HDL-GPT: High-Quality HDL is All You Need
Bhuvnesh Kumar, Saurav Nanda, Ganapathy Parthasarathy, Pawan Patil, Austin Tsai, Parivesh Choudhary
TL;DR
HDL-GPT tackles the challenge of high-quality HDL code generation and analysis by leveraging a large, curated HDL data source augmented through a chain-of-thought prompting workflow. The approach couples automated HDL data augmentation with PEFT and Neftune fine-tuning to produce HDL-GPT variants that achieve state-of-the-art performance on HDL benchmarks for code generation, explanation, bug detection, and testbench creation. Across NYU and NVIDIA benchmarks, HDL-GPT and HDL-GPT2 consistently outperform baselines, with human-machine evaluations supporting strong QoR and robust zero-shot generalization.
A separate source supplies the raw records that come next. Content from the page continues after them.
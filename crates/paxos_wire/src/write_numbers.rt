//! Numbers, slots and ballots, written behind other bytes.

ghost use Rattle.std.specs.Prelude.{◌≡◌, ◌+◌, ◌≤◌, ◌++◌, length};
ghost use Rattle.std.specs.Vec.{vec_len, vec_capacity};
ghost use Rattle.byteorder.specs.Endian.{big_bytes};
ghost use Rattle.arrayvec.specs.ArrayVec.{array_vec_len};
ghost use Rattle.paxos_wire.specs.Spelling.{ballot_text, slot_text};

use crate::ballot::Ballot;
use crate::limits::{BALLOT_BYTES, MOST_COMMAND, SLOT_BYTES};
use arrayvec::ArrayVec;
use byteorder::{BigEndian, ByteOrder};

/// The bytes of a ballot: four of its round, and its node.
pub fn ballot_bytes(ballot: Ballot) -> [u8; BALLOT_BYTES]
    ensures { result ≡ ballot_text ballot }
{
    let mut bytes = [0; BALLOT_BYTES];
    BigEndian::write_u32(&mut bytes, ballot.round);
    bytes[4] = ballot.node;
    bytes
}

/// The bytes of a slot.
pub fn slot_bytes(slot: u32) -> [u8; SLOT_BYTES]
    ensures { result ≡ slot_text slot }
{
    let mut bytes = [0; SLOT_BYTES];
    BigEndian::write_u32(&mut bytes, slot);
    bytes
}

/// Puts bytes behind the last one of a list of at most `MOST`, where there is room for them.
pub fn push_all<const MOST: usize>(out: &mut ArrayVec<u8, MOST>, bytes: &[u8])
    requires { array_vec_len out.old + length bytes.now ≤ MOST }
    ensures items { out.new.items ≡ out.old.items ++ bytes.now }
    ensures len { array_vec_len out.new ≡ array_vec_len out.old + length bytes.now }
{
    match out.try_extend_from_slice(bytes) {
        Ok(()) => (),
        Err(_) => unreachable!(),
    }
}

/// Puts a number of four bytes behind the last one.
pub(crate) fn push_number(out: &mut ArrayVec<u8, MOST_COMMAND>, number: u32)
    requires { array_vec_len out.old + 4 ≤ MOST_COMMAND }
    ensures items { out.new.items ≡ out.old.items ++ big_bytes 4 number }
    ensures len { array_vec_len out.new ≡ array_vec_len out.old + 4 }
{
    push_all(out, &slot_bytes(number));
}

/// Puts a number of two bytes behind the last one.
pub(crate) fn push_short(out: &mut ArrayVec<u8, MOST_COMMAND>, number: u16)
    requires { array_vec_len out.old + 2 ≤ MOST_COMMAND }
    ensures items { out.new.items ≡ out.old.items ++ big_bytes 2 number }
    ensures len { array_vec_len out.new ≡ array_vec_len out.old + 2 }
{
    let mut bytes = [0; 2];
    BigEndian::write_u16(&mut bytes, number);
    push_all(out, &bytes);
}

/// Puts a number of four bytes behind the last one.
pub(crate) fn put_number(out: &mut Vec<u8>, number: u32)
    requires { vec_len out.old + 4 ≤ vec_capacity out.old }
    ensures items { out.new.items ≡ out.old.items ++ big_bytes 4 number }
    ensures capacity { vec_capacity out.old ≤ vec_capacity out.new }
{
    out.extend_from_slice(&slot_bytes(number)).unwrap();
}

/// Puts a ballot behind the last byte.
pub(crate) fn put_ballot(out: &mut Vec<u8>, ballot: Ballot)
    requires { vec_len out.old + 5 ≤ vec_capacity out.old }
    ensures items { out.new.items ≡ out.old.items ++ ballot_text ballot }
    ensures capacity { vec_capacity out.old ≤ vec_capacity out.new }
{
    out.extend_from_slice(&ballot_bytes(ballot)).unwrap();
}
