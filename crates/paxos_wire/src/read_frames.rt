//! The message of a whole frame, or the frame's first fault.

ghost use Rattle.std.specs.Prelude.{◌≡◌, ◌≤◌, length, Some, slice_index, IfOk, IfErr, OnOk, None, Ok};
ghost use Rattle.paxos_wire.specs.declared.message.Message.{Message};
ghost use Rattle.paxos_wire.specs.Fits.{IsMessage};
ghost use Rattle.paxos_wire.specs.Spelling.{IsText};
ghost use Rattle.paxos_wire.specs.Kinds.{kind_byte};
ghost use Rattle.paxos_wire.specs.Versions.{version_of};
ghost use Rattle.paxos_wire.specs.Faults.{header_fault, fault_of, reading};

use crate::fault::FrameFault;
use crate::kind::Kind;
use crate::limits::{LEAST_LENGTH, LENGTH_BYTES, MOST_LENGTH};
use crate::message::Message;
use crate::message_room::MessageRoom;
use crate::read_messages::message_of_body;
use crate::version::Version;
use byteorder::{BigEndian, ByteOrder};

/// The version of a frame and the kind of its message, or the fault that the frame's length, its version or its kind
/// shows.
#[tactic(auto, unfolding(crate::specs::Faults::header_fault))]
fn header_of_frame(bytes: &[u8]) -> Result<(Version, Kind), FrameFault>
    ensures header { IfOk result (λ x. (header_fault bytes.now ≡ None) × (version_of (slice_index bytes.now 4) ≡ x.0) × (slice_index bytes.now 5 ≡ kind_byte x.1)) }
    ensures fault { IfErr result (λ fault. header_fault bytes.now ≡ Some fault) }
    ensures whole { OnOk result (6 ≤ length bytes.now) }
{
    if bytes.len() < LENGTH_BYTES {
        return Err(FrameFault::TooShort);
    }
    let length = BigEndian::read_u32(bytes) as usize;
    if length < LEAST_LENGTH {
        return Err(FrameFault::TooShort);
    }
    if length > MOST_LENGTH {
        return Err(FrameFault::TooLong);
    }
    if bytes.len() != LENGTH_BYTES + length {
        return Err(FrameFault::BadBody);
    }
    let Some(version) = Version::of_byte(bytes[4]) else {
        return Err(FrameFault::BadVersion);
    };
    match Kind::of_byte(bytes[5]) {
        Some(kind) => Ok((version, kind)),
        None => Err(FrameFault::BadKind),
    }
}

/// The message of a frame, all of the bytes, whose lists stand in the room, or the frame's first fault.
#[tactic(auto, unfolding(crate::specs::Faults::reading))]
pub(crate) fn message_of_frame<'a>(
    bytes: &[u8],
    room: &'a mut MessageRoom,
) -> Result<Message<'a>, FrameFault>
    ensures { result ≡ reading bytes.now }
{
    let (version, kind) = header_of_frame(bytes)?;
    match message_of_body(version, kind, &bytes[6..], room) {
        Some(message) => Ok(message),
        None => Err(FrameFault::BadBody),
    }
}

/// The message of one whole frame of either version, the frame's length in front. Its lists stand in the room, in place of
/// what was read into it before.
///
/// Else the first of: 50 `TooShort` (fewer than four bytes, or a length below 2), 51 `TooLong` (a length above
/// 4096), 54 `BadBody` (another count of bytes than the length says), 52 `BadVersion` (neither 1 nor 2), 53 `BadKind`, 54 `BadBody`
/// (a value out of its range, a byte left over or missing).
pub fn decode<'a>(bytes: &[u8], room: &'a mut MessageRoom) -> Result<Message<'a>, FrameFault>
    // It is the public form of `message_of_frame`, whose one clause is `exact`. What is read has this text.
    ensures found { IfOk result (λ m. IsMessage m × IsText m bytes.now) }
    // What has this text is read.
    ensures only { (m : Message) → IsMessage m → IsText m bytes.now → result ≡ Ok m }
    // Else it is the first fault.
    ensures fault { IfErr result (λ f. f ≡ fault_of bytes.now) }
    ensures exact { result ≡ reading bytes.now }
{
    message_of_frame(bytes, room)
}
The work underscores the importance of data quality, prompt design, and targeted fine-tuning for advancing IC-design-oriented language models, and points to future integration within IC design flows and richer benchmarking.
Abstract
This paper presents Hardware Description Language Generative Pre-trained Transformers (HDL-GPT), a novel approach that leverages the vast repository of open-source High Definition Language (HDL) codes to train superior quality large code models. The core premise of this paper is the hypothesis that high-quality HDL is all you need to create models with exceptional performance and broad zero-shot generalization abilities. The paper elucidates the methods employed for the curation and augmentation of large corpora from open-source HDL code, transforming highly variable quality data into high-quality data through careful prompting and context maintenance. We demonstrate that the careful selection, filtering, and augmentation of data across HDLs can yield powerful models that surpass current state-of-the-art models. We also explore the impact of different fine-tuning methods on the quality of results. We describe experimental results across a range of fine-tuned SOTA LLMs, substantiating our claims. We demonstrate improvements of 50% to 200% over SOTA HDL models on current benchmarks in tasks ranging from HDL circuit explanations, code generation, formal and simulation testbench creation, triaging bugs, and fixing them. HDL-GPT opens new avenues for the development of advanced model training techniques for circuit design tasks.